This is not to say, necessarily, that the Europeans themselves should be celebrated. Some were wicked people who, although claiming to be Christian, did not act Christianly. Native Americans may not want to celebrate Columbus. But those of them who've been given new life in Christ most certainly rejoice in the fact that the Holy Spirit saw fit to extend his missionary work, first recorded in Acts, across the seas. And that did begin, in some fashion, with Columbus.


----------



## SolaScriptura (Oct 10, 2011)

Frosty said:


> Thanks, Ben. What would you say to those who say that Columbus disrupted the lives of the Natives and, not only that, but brought great destruction upon them (whether intentional or not)- that his overall impact was bad?

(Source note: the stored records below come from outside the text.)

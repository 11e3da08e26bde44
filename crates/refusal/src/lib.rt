#![tactic(auto)]

ghost use Rattle.std.specs.Prelude.{◌≡◌, Some};
ghost use Rattle.std.specs.Fmt.{decimal};
ghost use Rattle.refusal.specs.Number.{number_of};

use std::fmt;

// The refusals of document 01, "What a caller hears", in its order, and that of document 02, slip 8.
#[derive(Clone, Copy, Debug, PartialEq, Eq)]
pub enum Refusal {
    // 1: the settings are not exactly one settings record.
    BadSettings,
    // 2: the tree is longer than the caller allows, the planner 32,768 bytes.
    TreeTooLong,
    // 3: a record's frame is broken, or bytes remain after the last record due.
    BadFrame,
    // 4: a record lies deeper than the caller allows, the planner 32.
    TooDeep,
    // 5: the kind is unknown, or the operator is not one that the kind takes.
    BadKindOrOperator,
    // 6: a field, a fixed body size, a name or a text breaks its rule.
    BadField,
    // 7: an Interval, an interval operator's operand or a BETWEEN list is out of place.
    BadOperand,
    // 8: the text is longer than the caller allows, the planner 65,535 bytes.
    TextTooLong,
    // 9: the text, or the reduced tree, is longer than the buffer.
    BufferTooShort,
    // 10: the SQL text exceeds 65,535 bytes or the row 32,768.
    InputTooLong,
    // 11: the row breaks its form, or two of its names are equal in any letter case.
    BadRow,
    // 12: the text is outside the grammar or nests more than 64 brackets.
    BadText,
    // 13: a name in the text is absent from the row.
    MissingColumn,
    // 14: once reduced, both operands of an operator are literals for which reducing has no rule.
    ConstantOperands,
}

// The number by which the papers name a refusal.
impl From<Refusal> for u8 {
    ghost from_gives = { λ r n. n ≡ number_of r };

    fn from(r: Refusal) -> u8 {
        match r {
            Refusal::BadSettings => 1,
            Refusal::TreeTooLong => 2,
            Refusal::BadFrame => 3,
            Refusal::TooDeep => 4,
            Refusal::BadKindOrOperator => 5,
            Refusal::BadField => 6,
            Refusal::BadOperand => 7,
            Refusal::TextTooLong => 8,
            Refusal::BufferTooShort => 9,
            Refusal::InputTooLong => 10,
            Refusal::BadRow => 11,
            Refusal::BadText => 12,
            Refusal::MissingColumn => 13,
            Refusal::ConstantOperands => 14,
        }
    }
}

// A refusal is printed as its number.
impl fmt::Display for Refusal {
    ghost output = { λ r. Some (decimal (number_of r)) };

    fn fmt<W: fmt::Write>(&self, f: &mut fmt::Formatter<W>) -> fmt::Result {
        write!(f, "{}", u8::from(*self))
    }
}
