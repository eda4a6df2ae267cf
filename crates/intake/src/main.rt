// The intake program: a pattern line and text lines from standard input, a line for each to standard output.
#![tactic(auto)]

ghost use Rattle.std.specs.Prelude.{◌≡◌};
ghost use Rattle.intake.specs.Standing.{goes_on, Through, Turned};

use intake_feeding::{KEPT_LIMIT, Space};
use intake_lines::{Buffers, Phase};
use meaning::limits::{CODE_SIZE, TABLE_SIZE, WORKSPACE_SIZE};
use std::io;
use std::io::Read;

// The bytes of the buffers for what is read and for what is written.
const BUFFER_SIZE: usize = 65536;

// Where the work stands between two pieces of the input, how many bytes of the present line are kept, and whether a write failed,
// beside which the others keep their meaning: `Through` speaks of all three.
#[derive(Clone, Copy)]
struct Standing {
    phase: Phase,
    kept: usize,
    failed: bool,
}

// Whether there is something left to do.
fn goes_on(standing: Standing) -> bool
    ensures { result ≡ goes_on standing }
{
    standing.phase != Phase::Over && !standing.failed
}

// Writes to standard output, and says so if it cannot.
fn send(rt: &(impl Print + Eprint), text: &[u8]) -> io::Result<()> {
    let sent = rt.write_all(text);
    if sent.is_err() {
        let _ = eprintln!(rt; "intake: standard output cannot be written");
    }
    sent
}

// A piece of the input, with a write for each buffer that it fills; a write that fails is the last.
fn work_through(
    rt: &(impl Print + Eprint),
    standing: Standing,
    piece: &[u8],
    space: &mut Space,
    out: &mut [u8; BUFFER_SIZE],
) -> Standing
    ensures { Through standing piece.now space.old.line space.new.line space.old.buffers.code
        space.new.buffers.code result }
{
    let mut now = Standing {
        failed: false,
        ..standing
    };
    let mut from = 0;
    while from < piece.len() && !now.failed {
        let fed = space.feed(now.phase, now.kept, &piece[from..], out);
        now = Standing {
            phase: fed.phase,
            kept: fed.kept,
            failed: send(rt, &out[..fed.end]).is_err(),
        };
        from += fed.taken;
    }
    now
}

// What was read: a piece of the input, or no byte, which is its end.
fn turn(
    rt: &(impl Print + Eprint),
    standing: Standing,
    piece: &[u8],
    space: &mut Space,
    out: &mut [u8; BUFFER_SIZE],
) -> Standing
    ensures { Turned standing piece.now space.old.line space.new.line space.old.buffers.code
        space.new.buffers.code out.old out.new result }
{
    if piece.len() > 0 {
        return work_through(rt, standing, piece, space, out);
    }
    let fed = space.finish(standing.phase, standing.kept, out);
    Standing {
        phase: Phase::Over,
        kept: 0,
        failed: send(rt, &out[..fed.end]).is_err(),
    }
}

// A proved loop has to end, and nothing says that the input does: there are more turns than any run takes.
fn main(rt: HostRuntime) {
    let mut chunk = [0u8; BUFFER_SIZE];
    let mut out = [0u8; BUFFER_SIZE];
    let mut space = Space {
        line: [0; KEPT_LIMIT],
        buffers: Buffers {
            table: [0; TABLE_SIZE],
            code: [0; CODE_SIZE],
            workspace: [0; WORKSPACE_SIZE],
        },
    };
    let mut standing = Standing {
        phase: Phase::Pattern,
        kept: 0,
        failed: false,
    };
    let mut input = rt.stdin();
    for _ in 0..u64::MAX {
        if !goes_on(standing) {
            return;
        }
        let Ok(n) = input.read(&mut chunk) else {
            let _ = eprintln!(rt; "intake: standard input cannot be read");
            return;
        };
        standing = turn(&rt, standing, &chunk[..n], &mut space, &mut out);
    }
}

To me that is simply "white guilt" and "America is bad and has been bad since the very beginning" garbage. The natives fought and killed just like every other people group on the earth. I utterly reject the silly notion that the natives were living in this blissful utopian state until the mean old Eurpeans showed up and started killing them for sport. 

The long-term effect of Columbus was nothing short of the colonization of the Americas. This brought in the Gospel which was utterly nonexistent prior to that point.


----------



## Rufus (Oct 10, 2011)

SolaScriptura said:


> The natives fought and killed just like every other people group on the earth. I utterly reject the silly notion that the natives were living in this blissful utopian state until the mean old Eurpeans showed up and started killing them for sport.



Agreed!


----------



## Marrow Man (Oct 10, 2011)

Another pastor recently shared this story with me, concerning CC:



> There is a statue of Christopher Columbus at the harbor of Barcelona where he was reported to have landed on his return from discovering America. It, however, does not face to the West where the New World is; but to the East; and the reason is almost lost to history. While Columbus lived and died before the time of the Reformation, he was a Christian with missionary zeal. It was his intention that proceeds from his voyages should support missionary endeavors to the Middle East. Hence, his statue was faced to the East. [Secularists have attempted to say that it was faced that way because he was a Genoan (Italian).] I don’t have a copy of one of the books; but the story is told in several elementary school histories intended for Christian schools. Abeka published one such for 6th graders — it messed up the story because of its extreme anti-Catholicism and its failure to recognize the legitimacy of Romanism before the Reformation. However, the facts of the story of the statue were there.


----------



## Leslie (Oct 10, 2011)

Columbus didn't discover America. He had maps, courtesy of the Chinese who circumnavigated the globe almost 70 years previously. Check out Gavin Menzies, the book 1423 (I think that's the date, it's close). Also there is his book 1434, showing how the Chinese brought the renaissance to Europe. There is abundant archaeological evidence that this is true. What he did was noteable, the OP still stands, how he should be regarded. But it is incorrect to affirm that someone who finds a place by using a map, in any sense of the word, discovers it.


----------



## Phil D. (Oct 10, 2011)

Leslie said:


> Columbus didn't discover America. He had maps, courtesy of the Chinese who circumnavigated the globe almost 70 years previously. Check out Gavin Menzies, the book 1423 (I think that's the date, it's close). Also there is his book 1434, showing how the Chinese brought the renaissance to Europe. There is abundant archaeological evidence that this is true. What he did was noteable, the OP still stands, how he should be regarded. But it is incorrect to affirm that someone who finds a place by using a map, in any sense of the word, discovers it.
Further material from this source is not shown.